* **How to complete this task**
From the listing below, copy each line that holds "usual".

* **Provided information**
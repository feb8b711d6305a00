//! One line of the trace text.

ghost use Rattle.std.specs.Prelude.{◌≡◌, ◌+◌, ◌≤◌, length, drop, Ok, IfSome};
ghost use Rattle.hg_model.specs.Holding.{hold_event};
ghost use Rattle.hg_wire.specs.Accesses.{event_of};
ghost use Rattle.hg_wire.specs.Lines.{line_of};
ghost use Rattle.hg_wire.specs.InFront.{HasEvent, HasEventLine, EndsLineBefore};

use crate::operands::{long_at, short_at};
use crate::tokens::line_by_tokens;
use crate::verb::{
    VerbKind, access_verb_in_front, hold_verb_in_front, pair_event, sized_event, verb_in_front,
};
use hg_model::event::{Access, Event, Hold};

/// The faults of a line of the trace text, in the order of testing (this project's profile).
#[derive(Clone, Copy, Debug, PartialEq, Eq, Drop)]
pub enum LineFault {
    /// It has more than 256 bytes.
    TooLong,
    /// Its first token is none of the eleven verbs.
    Verb,
    /// A token is missing, too many or empty.
    Count,
    /// A number is misspelt or does not fit its field.
    Number,
}

/// The most bytes of a line that is neither empty nor a comment, its line end not counted.
pub const MOST_LINE_BYTES: usize = 256;

/// The most bytes of a line that is looked for at the front of a piece: a verb of 6 letters, a thread in 7 bytes with its
/// space, an address in 20, a length in 7, and a line end of 2. So one test of the piece's length serves the whole line.
pub(crate) const WINDOW: usize = 42;

/// The event that a line of the trace text spells, or the first of its faults (this project's profile).
/// The line comes without its line feed and the carriage return before that.
#[inline]
pub fn read_line(line: &[u8]) -> Result<Event, LineFault>
    ensures { result ≡ line_of line.now }
{
    if let Some(event) = event_alone(line) {
        return Ok(event);
    }
    line_by_tokens(line)
}

/// The event that a line spells, where the line fits the window. (`None` says nothing of the line.)
#[inline(always)]
fn event_alone(line: &[u8]) -> Option<Event>
    ensures { IfSome result (λ event. line_of line.now ≡ Ok event) }
{
    if line.len() > WINDOW {
        return None;
    }
    let mut window = [0; WINDOW];
    window[..line.len()].copy_from_slice(line);
    let (event, end) = event_in_front(&window)?;
    if end != line.len() {
        return None;
    }
    Some(event)
}

/// The event that the bytes begin with, and where it ends. (`None` says nothing of the bytes.)
/// The function is large, and inlining it would slow its callers.
#[inline(never)]
fn event_in_front(bytes: &[u8]) -> Option<(Event, usize)>
    requires { 42 ≤ length bytes.now }
    ensures event { IfSome result (λ found. HasEvent bytes.now found.0 (drop found.1 bytes.now)) }
    ensures near { IfSome result (λ found. found.1 ≤ 40) }
{
    let (kind, end) = verb_in_front(bytes)?;
    let (first, end) = short_at(bytes, end)?;
    let (second, end) = long_at(bytes, end)?;
    if let VerbKind::Pair { verb } = kind {
        return Some((pair_event(verb, first, second)?, end));
    }
    let (third, end) = short_at(bytes, end)?;
    Some((sized_event(kind, first, second, third)?, end))
}

/// The event whose line the bytes begin with, and how many bytes that line takes with its line feed. (`None` says nothing of the bytes.)
#[inline(always)]
pub(crate) fn event_line_in_front(bytes: &[u8]) -> Option<(Event, usize)>
    ensures { IfSome result (λ found. HasEventLine bytes.now found.0 found.1) }
{
    if bytes.len() < WINDOW {
        return None;
    }
    let (event, end) = event_in_front(bytes)?;
    let used = line_end_at(bytes, end)?;
    Some((event, used))
}

/// A read or a write, and how many bytes its line takes with its line feed.
#[derive(Clone, Copy, Debug, PartialEq, Eq, Drop)]
pub struct AccessLine {
    pub is_write: bool,
    pub access: Access,
    pub used: usize,
}

/// The read or the write in front, in its parts, if its line is whole and usual.
#[inline(always)]
pub(crate) fn access_line_in_front(bytes: &[u8]) -> Option<AccessLine>
    ensures { IfSome result (λ found. HasEventLine bytes.now (event_of found) found.used) }
{
    if bytes.len() < WINDOW {
        return None;
    }
    let (is_write, end) = access_verb_in_front(bytes)?;
    let (t, end) = short_at(bytes, end)?;
    let (at, end) = long_at(bytes, end)?;
    let (len, end) = short_at(bytes, end)?;
    if len > 0xff {
        return None;
    }
    let used = line_end_at(bytes, end)?;
    let access = Access {
        t,
        at,
        len: len as u8,
    };
    Some(AccessLine {
        is_write,
        access,
        used,
    })
}

/// An event on a lock, and how many bytes its line takes with its line feed.
#[derive(Clone, Copy, Debug, PartialEq, Eq, Drop)]
pub struct HoldLine {
    pub hold: Hold,
    pub used: usize,
}

/// The event on a lock in front, in its parts, if its line is whole and usual.
#[inline(always)]
pub(crate) fn hold_line_in_front(bytes: &[u8]) -> Option<HoldLine>
    ensures { IfSome result (λ found. HasEventLine bytes.now (hold_event found.hold) found.used) }
{
    if bytes.len() < WINDOW {
        return None;
    }
    let (kind, end) = hold_verb_in_front(bytes)?;
    let (t, end) = short_at(bytes, end)?;
    let (l, end) = short_at(bytes, end)?;
    let used = line_end_at(bytes, end)?;
    let hold = Hold { t, l, kind };
    Some(HoldLine { hold, used })
}

/// The place behind the line feed at `from`, which may have one carriage return before it.
#[inline(always)]
fn line_end_at(bytes: &[u8], from: usize) -> Option<usize>
    requires { from + 2 ≤ length bytes.now }
    ensures ends { IfSome result (λ end. EndsLineBefore (drop from bytes.now) (drop end bytes.now)) }
    ensures within { IfSome result (λ end. end ≤ from + 2) }
{
    if bytes[from] == b'\n' {
        return Some(from + 1);
    }
    if bytes[from] == b'\r' && bytes[from + 1] == b'\n' {
        return Some(from + 2);
    }
    None
}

* **Task response**
/// The read or the write in front, in its parts, if its line is whole and usual.
/// The event on a lock in front, in its parts, if its line is whole and usual.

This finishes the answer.